I enjoyed reading a nice paper by Paudyal et al in Clinical Case Reports of a 17 year old male presenting with a scalp abscess that turned out to be a diagnosis of tinea capitis.

Key Lessons from the paper:

1. Kerion can closely mimic a bacterial scalp abscess, leading to unnecessary incision and drainage, antibiotic treatment, and delays in appropriate care.

A painful, swollen, purulent scalp lesion with hair loss should always raise suspicion for kerion (inflammatory tinea capitis). Early recognition can prevent unnecessary surgery and reduce the risk of permanent scarring alopecia.

2. Dermoscopy and a simple KOH examination are invaluable bedside tools for making the diagnosis.

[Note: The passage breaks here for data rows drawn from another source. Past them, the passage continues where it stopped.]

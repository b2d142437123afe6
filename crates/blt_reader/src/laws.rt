// What the definitions of ballot files amount to. Each law is the contract of a function with nothing to do.
ghost use Rattle.blt_reader.specs.Said.{HasOnePoll, FollowsOpenLists, ExpectsRightly, AcceptsFiles, RefusesByTheRule, RefusesAllElse, AcceptsRolls, RefusesRollsByTheRule, ExpectsRollsRightly, ExpectsLinesRightly};

/// A list of tokens is the file of at most one election.
pub fn has_one_poll()
    ensures { HasOnePoll }
{}

/// A list of tokens can go on to a file exactly where the table refuses none of them.
pub fn follows_open_lists()
    ensures { FollowsOpenLists }
{}

/// The table expects exactly what the list before it expects.
pub fn expects_rightly()
    ensures { ExpectsRightly }
{}

/// A text says an election exactly where its tokens are a file of it.
pub fn accepts_files()
    ensures { AcceptsFiles }
{}

/// A text is refused at the first token by which its list can't go on to a file, else at the fault
/// that ends it, else at its length.
pub fn refuses_by_the_rule()
    ensures { RefusesByTheRule }
{}

/// A text that isn't refused says an election.
pub fn refuses_all_else()
    ensures { RefusesAllElse }
{}

/// The front of a text says an election exactly where it is a file up to its title.
pub fn accepts_rolls()
    ensures { AcceptsRolls }
{}

/// A text of which no front is a file up to its title is refused by the same rule.
pub fn refuses_rolls_by_the_rule()
    ensures { RefusesRollsByTheRule }
{}

/// The table of a roll expects exactly what the list before it expects.
pub fn expects_rolls_rightly()
    ensures { ExpectsRollsRightly }
{}

/// The table of ballot lines expects exactly what the lines before it expect, in whatever file they stand.
pub fn expects_lines_rightly()
    ensures { ExpectsLinesRightly }
{}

Characteristic dermoscopic findings—including comma hairs, broken hairs of varying lengths, black dots, and perifollicular scaling—combined with a positive KOH preparation can rapidly establish the diagnosis and allow prompt initiation of oral antifungal therapy.

OVERVIEW OF CASE

Kerion is a severe inflammatory form of tinea capitis that can closely resemble bacterial infections such as scalp abscesses or cellulitis. This case report describes a 17-year-old male who presented with a one-month history of a swollen, hairless occipital scalp lesion. He was initially treated by surgeons with incision and drainage followed by two weeks of systemic antibiotics, but failed to improve. After referral to dermatology, dermoscopy revealed classic features of tinea capitis—including comma hairs, black dots, broken hairs, and perifollicular scaling—and a potassium hydroxide (KOH) preparation confirmed dermatophyte infection. The patient was treated with oral griseofulvin, topical clotrimazole, and ketoconazole shampoo, resulting in complete clinical resolution within four weeks and substantial hair regrowth by eight weeks, leaving only minimal residual scarring. This case highlights the importance of considering fungal infection whenever inflammatory scalp lesions are accompanied by alopecia.